# ACTIVITY:
Repeat the stretch of entries below from the line with "let _count = self.entries.len();" through the line with "let start = self.values.len();". Include both ends and add nothing.

-- Opening Marker --

//! The ids with their values.
ghost use Rattle.std.specs.Prelude.{◌≡◌, ◌≤◌, ◌+◌, [], ℕ, true, length, map, unwrap_or, IfNone, IfOk, IfSome, IsOk, OnErr, OnOk};
ghost use Rattle.command_tables.specs.Tests.{same_type};
ghost use Rattle.handle_map.specs.Pairs.{has_pair, values_of, with_values};
ghost use Rattle.layer_model.specs.Ids.{next_id};
ghost use Rattle.layer_model.specs.Routes.{add_route};
ghost use Rattle.object_model.specs.Routes.{driver_in};
ghost use Rattle.terminator.specs.Table.{HasNoPlace, IsPlace, value_of};

use crate::bare::is_routed;
use crate::entry::{IdEntry, entry_at, with_len};
use crate::value::DriverValue;
use crate::values::{make_room, span, write};
use command_tables::{NoMemory, ObjectType};
use object_model::Object;
use std::alloc::Global;
use std::marker::Model;

/// The ids that were issued, over all types together, in order from 1; for each its values, and the driver behind it. At most 4,294,967,295
/// values in all.
#[derive(Drop)]
pub struct IdTable {
    entries: Vec<IdEntry>,
    values: Vec<DriverValue>,
}

impl Model for IdTable {
    ghost use Rattle.std.specs.Prelude.{◌-◌, length, min, vec_capacity};
    ghost use Rattle.terminator.specs.Table.{IsTable, TableState, ids_from, routes_from};

    ghost Value = { TableState };

    ghost view = { λ t. record { entries = ids_from 1 t.values.items t.entries.items; routes = routes_from 1 t.entries.items; spare = vec_capacity t.entries - length t.entries.items; room = min (vec_capacity t.values) 4294967295 - length t.values.items } };

    ghost invariant = { λ t. IsTable t.entries.items t.values.items };
}

// Whether two types are one.
#[tactic(auto, unfolding(command_tables::specs::Tests::same_type))]
fn is_type(a: ObjectType, b: ObjectType) -> bool
    ensures { result ≡ same_type a b }
{
    a == b
}

// The place of the entry of an id, if it is of this type.
fn place_of(entries: &[IdEntry], ty: ObjectType, id: u64) -> Option<usize>
    ensures some { IfSome result (λ place. IsPlace entries.now ty id place) }
    ensures none { IfNone result (HasNoPlace entries.now ty id) }
{
    if id == 0 {
        return None;
    }
    let place = (id - 1) as usize;
    if entries.len() <= place {
        return None;
    }
    if is_type(entries[place].ty, ty) {
        Some(place)
    } else {
        None
    }
}

impl IdTable {
    pub fn new(alloc: Global) -> IdTable
        ensures entries { result.entries ≡ [] }
        ensures routes { result.routes ≡ [] }
    {
        IdTable {
            entries: Vec::new(alloc),
            values: Vec::new(alloc),
        }
    }

    /// The values of an id of this type; none where it wasn't issued.
    pub fn values(&self, ty: ObjectType, id: u64) -> &[DriverValue]
        ensures { map value_of result.now ≡ unwrap_or (values_of self.now.entries ty id) [] }
    {
        match place_of(&self.entries, ty, id) {
            None => &[],
            Some(place) => {
                let entry = self.entries[place];
                span(&self.values, entry.start as usize, entry.len as usize)
            }
        }
    }

    /// The driver behind an object; 0 where there is none.
    pub fn driver_of(&self, object: Object) -> u32
        ensures { result ≡ driver_in self.now.routes object }
    {
        match place_of(&self.entries, object.ty, object.number) {
            None => 0,
            Some(place) => {
                let entry = self.entries[place];
                if is_routed(object.ty) {
                    entry.driver
                } else {
                    0
                }
            }
        }
    }

    /// A table of its own with the same ids. Of room nothing is said.
    pub fn copy(&self) -> Result<IdTable, NoMemory>
        ensures entries { IfOk result (λ table. table.entries ≡ self.now.entries) }
        ensures routes { IfOk result (λ table. table.routes ≡ self.now.routes) }
    {
        let alloc = *self.entries.allocator();
        Ok(IdTable {
            entries: Vec::from_slice(alloc, &self.entries)?,
            values: Vec::from_slice(alloc, &self.values)?,
        })
    }

    /// Makes room for so many further ids with so many values in all. After `NoMemory` the ids are as before, and no room is lost.
    pub fn reserve(&mut self, ids: usize, values: usize) -> Result<(), NoMemory>
        ensures entries { self.new.entries ≡ self.old.entries }
        ensures routes { self.new.routes ≡ self.old.routes }
        ensures ok_spare { OnOk result (ids ≤ self.new.spare) }
        ensures ok_room { OnOk result (values ≤ self.new.room) }
        ensures spare { self.old.spare ≤ self.new.spare }
        ensures room { self.old.room ≤ self.new.room }
        ensures succeeds { ids ≤ self.old.spare → values ≤ self.old.room → IsOk result }
    {
        self.entries.reserve(ids)?;
        make_room(&mut self.values, values)
    }

    /// Issues the next id. After `NoMemory`, which comes only where there was no room, all is as before.
    pub fn add(
        &mut self,
        ty: ObjectType,
        driver: u32,
        values: &[DriverValue],
    ) -> Result<u64, NoMemory>
        ensures id { IfOk result (λ id. id ≡ next_id self.old.entries) }
        ensures entries { IfOk result (λ id. self.new.entries ≡ with_values self.old.entries ty id (map value_of values.now)) }
        ensures routes { IfOk result (λ id. self.new.routes ≡ add_route self.old.routes (record { ty = ty; number = id }) driver) }
        ensures err { OnErr result (self.new.entries ≡ self.old.entries) }
        ensures err_routes { OnErr result (self.new.routes ≡ self.old.routes) }
        ensures succeeds { 1 ≤ self.old.spare → length values.now ≤ self.old.room → IsOk result }
        ensures spare { self.old.spare ≤ self.new.spare + 1 }
        ensures room { self.old.room ≤ self.new.room + length values.now }
    {
        self.entries.reserve(1)?;
        make_room(&mut self.values, values.len())?;
        let entry = entry_at(ty, driver, self.values.len(), values.len());
        self.values.extend_from_slice(values).unwrap();
        self.entries.push(entry).unwrap();
        Ok(self.entries.len() as u64)
    }

    /// Gives an id that was issued other values, in place where there is room. After `NoMemory` all is as before.
    pub fn put(&mut self, ty: ObjectType, id: u64, values: &[DriverValue]) -> Result<(), NoMemory>
        requires { has_pair self.old.entries ty id ≡ true }
        ensures entries { OnOk result (self.new.entries ≡ with_values self.old.entries ty id (map value_of values.now)) }
        ensures routes { self.new.routes ≡ self.old.routes }
        ensures positive { 1 ≤ id }
        ensures known { (driver : ℕ) → add_route self.old.routes (record { ty = ty; number = id }) driver ≡ self.old.routes }
        ensures err { OnErr result (self.new.entries ≡ self.old.entries) }
        ensures succeeds { length values.now ≤ self.old.room → IsOk result }
        ensures spare { self.old.spare ≤ self.new.spare }
        ensures room { self.old.room ≤ self.new.room + length values.now }
    {
        let _count = self.entries.len();
        let place = (id - 1) as usize;
        let entry = self.entries[place];
        let len = values.len();
        if len <= entry.len as usize {
            write(&mut self.values, entry.start as usize, values);
            self.entries[place] = with_len(entry, len);
        } else {
            make_room(&mut self.values, len)?;
            let start = self.values.len();
            self.values.extend_from_slice(values).unwrap();
            self.entries[place] = entry_at(entry.ty, entry.driver, start, len);
        }
        Ok(())
    }
}
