//! The drivers that a call goes to.
ghost use Rattle.std.specs.Prelude.{◌≡◌, ◌<◌, length, slice_get, slice_index, unwrap_or};
ghost use Rattle.terminator.specs.Shown.{drivers_named};

/// The drivers of a call, in order.
#[derive(Clone, Copy)]
pub enum Receivers {
    /// Every driver, of so many.
    All(u32),
    One(u32),
}

impl Receivers {
    /// How many they are.
    #[tactic(auto, using(crate::proofs::Drivers::count_all))]
    pub fn count(self) -> u32
        ensures { result ≡ length (drivers_named self) }
    {
        match self {
            Receivers::All(count) => count,
            Receivers::One(_) => 1,
        }
    }

    /// The driver in a place.
    #[tactic(auto, using(crate::proofs::Drivers::at_all))]
    pub fn at(self, place: u32) -> u32
        requires { place < length (drivers_named self) }
        ensures { result ≡ slice_index (drivers_named self) place }
    {
        match self {
            Receivers::All(_) => place,
            Receivers::One(driver) => driver,
        }
    }

    /// The first driver, and 0 where there is none.
    pub fn first(self) -> u32
        ensures { result ≡ unwrap_or (slice_get (drivers_named self) 0) 0 }
    {
        match self {
            Receivers::All(_) => 0,
            Receivers::One(driver) => driver,
        }
    }
}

-- Closing Marker --

# RESPONSE AREA:
        let _count = self.entries.len();
        let place = (id - 1) as usize;
        let entry = self.entries[place];
        let len = values.len();
        if len <= entry.len as usize {
            write(&mut self.values, entry.start as usize, values);
            self.entries[place] = with_len(entry, len);
        } else {
            make_room(&mut self.values, len)?;
            let start = self.values.len();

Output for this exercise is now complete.